### Exercise goal
Find every line below with the string "MacroError" and pick it out.
Segment Start: Data to process
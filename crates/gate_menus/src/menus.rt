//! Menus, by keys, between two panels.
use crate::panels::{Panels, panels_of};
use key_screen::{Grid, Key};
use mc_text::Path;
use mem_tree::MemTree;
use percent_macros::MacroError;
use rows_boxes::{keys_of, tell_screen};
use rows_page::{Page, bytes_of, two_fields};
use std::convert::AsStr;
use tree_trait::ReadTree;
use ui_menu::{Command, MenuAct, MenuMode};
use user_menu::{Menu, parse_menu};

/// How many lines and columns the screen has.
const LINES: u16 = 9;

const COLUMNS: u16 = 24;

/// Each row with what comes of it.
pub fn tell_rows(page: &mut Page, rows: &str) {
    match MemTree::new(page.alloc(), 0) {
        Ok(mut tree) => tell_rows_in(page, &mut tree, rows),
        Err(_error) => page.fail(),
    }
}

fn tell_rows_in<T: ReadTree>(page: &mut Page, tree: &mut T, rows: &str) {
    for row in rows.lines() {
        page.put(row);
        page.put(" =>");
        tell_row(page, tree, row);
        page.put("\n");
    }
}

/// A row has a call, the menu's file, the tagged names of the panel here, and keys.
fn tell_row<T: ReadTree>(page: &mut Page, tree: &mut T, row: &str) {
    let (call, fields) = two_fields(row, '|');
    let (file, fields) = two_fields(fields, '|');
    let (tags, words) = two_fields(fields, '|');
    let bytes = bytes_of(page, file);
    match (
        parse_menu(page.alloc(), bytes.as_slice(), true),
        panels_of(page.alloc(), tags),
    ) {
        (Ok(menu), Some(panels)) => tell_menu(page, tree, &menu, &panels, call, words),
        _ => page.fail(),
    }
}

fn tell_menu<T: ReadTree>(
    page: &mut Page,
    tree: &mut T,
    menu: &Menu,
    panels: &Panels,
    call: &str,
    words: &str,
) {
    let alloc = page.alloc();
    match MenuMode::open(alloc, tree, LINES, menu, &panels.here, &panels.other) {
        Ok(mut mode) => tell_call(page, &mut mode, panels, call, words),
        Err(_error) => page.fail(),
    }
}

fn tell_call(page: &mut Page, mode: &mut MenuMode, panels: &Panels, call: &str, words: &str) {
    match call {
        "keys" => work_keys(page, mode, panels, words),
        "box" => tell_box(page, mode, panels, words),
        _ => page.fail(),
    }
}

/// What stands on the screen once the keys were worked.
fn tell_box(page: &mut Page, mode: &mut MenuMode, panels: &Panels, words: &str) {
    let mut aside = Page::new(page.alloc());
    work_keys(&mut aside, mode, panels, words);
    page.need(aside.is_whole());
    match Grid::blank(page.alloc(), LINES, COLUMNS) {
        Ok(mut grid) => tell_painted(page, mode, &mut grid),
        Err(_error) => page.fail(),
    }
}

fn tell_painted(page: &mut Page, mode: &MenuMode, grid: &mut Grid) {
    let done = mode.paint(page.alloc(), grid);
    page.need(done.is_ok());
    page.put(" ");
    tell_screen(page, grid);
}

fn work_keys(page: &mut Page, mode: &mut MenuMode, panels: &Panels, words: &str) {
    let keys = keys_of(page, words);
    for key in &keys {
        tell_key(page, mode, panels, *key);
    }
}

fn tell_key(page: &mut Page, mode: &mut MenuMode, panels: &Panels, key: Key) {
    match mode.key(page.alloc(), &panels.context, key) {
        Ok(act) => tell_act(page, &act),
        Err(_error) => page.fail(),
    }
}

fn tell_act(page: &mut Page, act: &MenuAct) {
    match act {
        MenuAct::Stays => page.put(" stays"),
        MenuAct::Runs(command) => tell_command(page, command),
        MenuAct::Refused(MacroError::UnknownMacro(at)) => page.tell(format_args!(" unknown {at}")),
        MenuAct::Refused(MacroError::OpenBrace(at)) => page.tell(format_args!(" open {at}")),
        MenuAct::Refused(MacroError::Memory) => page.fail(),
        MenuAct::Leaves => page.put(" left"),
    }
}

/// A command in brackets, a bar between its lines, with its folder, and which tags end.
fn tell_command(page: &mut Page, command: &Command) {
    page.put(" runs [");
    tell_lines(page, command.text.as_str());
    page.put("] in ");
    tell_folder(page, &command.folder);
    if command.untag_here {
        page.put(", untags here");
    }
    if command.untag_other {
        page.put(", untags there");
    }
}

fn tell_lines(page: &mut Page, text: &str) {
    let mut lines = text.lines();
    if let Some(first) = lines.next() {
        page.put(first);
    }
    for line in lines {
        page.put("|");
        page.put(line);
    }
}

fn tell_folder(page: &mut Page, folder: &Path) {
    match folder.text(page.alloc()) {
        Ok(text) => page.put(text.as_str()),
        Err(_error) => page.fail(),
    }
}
Segment End: Data to process
### Result for this exercise
use percent_macros::MacroError;
        MenuAct::Refused(MacroError::UnknownMacro(at)) => page.tell(format_args!(" unknown {at}")),
        MenuAct::Refused(MacroError::OpenBrace(at)) => page.tell(format_args!(" open {at}")),
        MenuAct::Refused(MacroError::Memory) => page.fail(),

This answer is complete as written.